Assimilation and Exclusion

Posted in Historical and Social Barriers to Education on April 14, 2009 by edcuthbertson

I just had an excellent weekend of fishing.

I went with my father-in-law and his best mate who is a lecturer in Aboriginal Education.  He is white in case you were wondering.

He told me a story about how before white settlement (such a nice term) that neighbouring aboriginal tribes had an incredibly complex system of marriage that was designed to inbreeding and create alliances (similar to European Royalty minus the inbreeding).  However with European intervention and assimilation this system was destroyed and in its wake generations of indigenous have been hamstrung. 

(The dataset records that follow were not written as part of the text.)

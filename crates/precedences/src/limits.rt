// Where parentheses stand.
ghost use Rattle.std.specs.Prelude.{◌≡◌};
ghost use Rattle.text_model.specs.Precedences as rule;

use text_model::Precedence;

/// The loosest receiver that a message takes without parentheses.
pub fn receiver_limit(message: Precedence) -> Precedence
    ensures { result ≡ rule.receiver_limit message }
{
    match message {
        Precedence::Unary => Precedence::Unary,
        Precedence::Binary | Precedence::Keyword => Precedence::Binary,
    }
}

/// The loosest argument that a message takes without parentheses.
pub fn argument_limit(message: Precedence) -> Precedence
    ensures { result ≡ rule.argument_limit message }
{
    match message {
        Precedence::Unary | Precedence::Binary => Precedence::Unary,
        Precedence::Keyword => Precedence::Binary,
    }
}

/// Whether an operand of this precedence is looser than the limit.
pub fn is_looser(operand: Precedence, limit: Precedence) -> bool
    ensures { result ≡ rule.is_looser operand limit }
{
    match (operand, limit) {
        (Precedence::Unary, _) | (Precedence::Binary, Precedence::Binary | Precedence::Keyword) => {
            false
        }
        (Precedence::Keyword, Precedence::Keyword) => false,
        (Precedence::Binary, Precedence::Unary) => true,
        (Precedence::Keyword, Precedence::Unary | Precedence::Binary) => true,
    }
}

This is not new as there are countless civilizations, societies and cultures that have been absorbed by others.  But is it a case of survival of the fittest?  Does the strongest culture win?  I don’t think so… only because when something is forced something is compacted, when something is pulled something is held tight.  Assimilation doesn’t make a country or a classroom strong it makes all the flowers in the flower bed the same.  What makes us stronger is the variety of the world we live in.  Otherwise we are all in danger of in-breeding.

 

CG Learner

Posted in Cap Stone Project on April 14, 2009 by edcuthbertson

CG Learner

I liked it.

I liked it a lot.

The interface was so much more convenient and user friendly.  I have worked with nearly every phase of the learning element construction.  From the intial word document to the CG online learner and this edition is by far the biggest leap in terms of usability, availability and construction.

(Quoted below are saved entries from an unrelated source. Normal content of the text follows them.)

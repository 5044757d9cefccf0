// The changes by which an argument comes or goes.
ghost use Rattle.std.specs.Prelude.{◌<◌, length, IfOk};
ghost use Rattle.class_table.specs.Valid.{IsOrderly};
ghost use Rattle.command_numbers.specs.CommandNames.{CommandNames};
ghost use Rattle.reference_index.specs.Mentioned.{IsIndexOf};
ghost use Rattle.plans.specs.Plan.{IsPlan};
ghost use Rattle.parameter_plans.specs.Given.{parameter_command};

use crate::code::code_change;
use crate::given::ParameterChange;
use crate::laws::law_known;
use change_set::Changes;
use class_table::Image;
use plans::Plan;
use rb_base::{Memory, Steps};
use reference_index::Index;
use std::alloc::Global;
use std::sync::ledger::Ledger;

/// The changes by which an argument comes to a selector or leaves it: one of each method and do-it that has or sends the
/// selector. Only code that mentions it is opened, each once.
pub fn plan_parameter<L: Ledger>(
    alloc: Global,
    image: &Image,
    index: &Index,
    parameter: &ParameterChange<'_>,
    steps: &mut Steps<L>,
) -> Result<Plan, Memory>
    requires orderly { IsOrderly image.now }
    requires index { IsIndexOf image.now index.now }
    requires known { CommandNames (λ n. n < length image.now.names) (parameter_command parameter.now) }
    ensures { IfOk result (λ found. IsPlan image.now (parameter_command parameter.now) found.changes found.touched.items) }
{
    law_known();
    let mut changes = Changes::new(alloc);
    let mut touched = Vec::new(alloc);
    for place in index.listed(parameter.selector()) {
        if let Some(change) = code_change(alloc, image, *place, parameter, steps)? {
            changes.push(change)?;
            touched.push(*place)?;
        }
    }
    Ok(Plan { changes, touched })
}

A feature that I really liked about the program was the ability to click and drag tables into the document.  This had its own bug though as the program tended to freeze or design inappropriate sized cells in the table.  Another feature that I loved was the ability to create a linear placemat which was awesome for scope and sequence.  As Glenn and Ben and I sat down to work we were able to easily map out where we wanted to go with broad-brush strokes in terms of titles of each learning component.  This meant that we could plan and then write a more detailed account of each learning event.  We also liked the idea of being able to manipulate when each learning event would occur in the learning sequence.  However this highlighted the biggest glitch in the program as most times we tried to do this the program would freeze and we would have to restart.

The ability to paste from other websites and information sources was great as it meant that what previously had to be housed in another folder could be embedded into the learning document.  This wasn’t as easy as it seemed but with practice I think it will be a very useful and important tool as it means that multimedia tools such as music and websites and interactive programs can be a part of the document and the teacher can see how it fits into the learning more easily.

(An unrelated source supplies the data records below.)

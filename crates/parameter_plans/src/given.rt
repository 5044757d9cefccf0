// The argument that comes or goes.

use commands::NewParameter;
use rb_base::NameId;

/// An argument that comes to a selector, or leaves it.
#[derive(Drop)]
pub enum ParameterChange<'a> {
    /// The methods of a selector take one more argument, and each message of it passes a literal.
    Added(&'a NewParameter),
    /// The argument of the selector goes, counted from 1, and the selector is `to`.
    Removed {
        selector: NameId,
        argument: usize,
        to: NameId,
    },
}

The other great capability that was difficult previously is collaborating with other teachers.  This online version means that there is only one document that is being edited.  I know that this sound simple but in the past we have ended up with three or four documents that each person has edited or changed and there is no consistency or uniformity.  This is great in terms of an online collaboration tool as teachers who are not necessarily in the same school can talk and plan together.  It takes transparency of the classroom to the world and means the sharing of pedagogical strategies are more easily dispersed.

Overall an impressive start to the online version of what used to be a difficult program to use.  It promotes collaboration, multimedia, inclusivity and transparency.  What more could you ask for?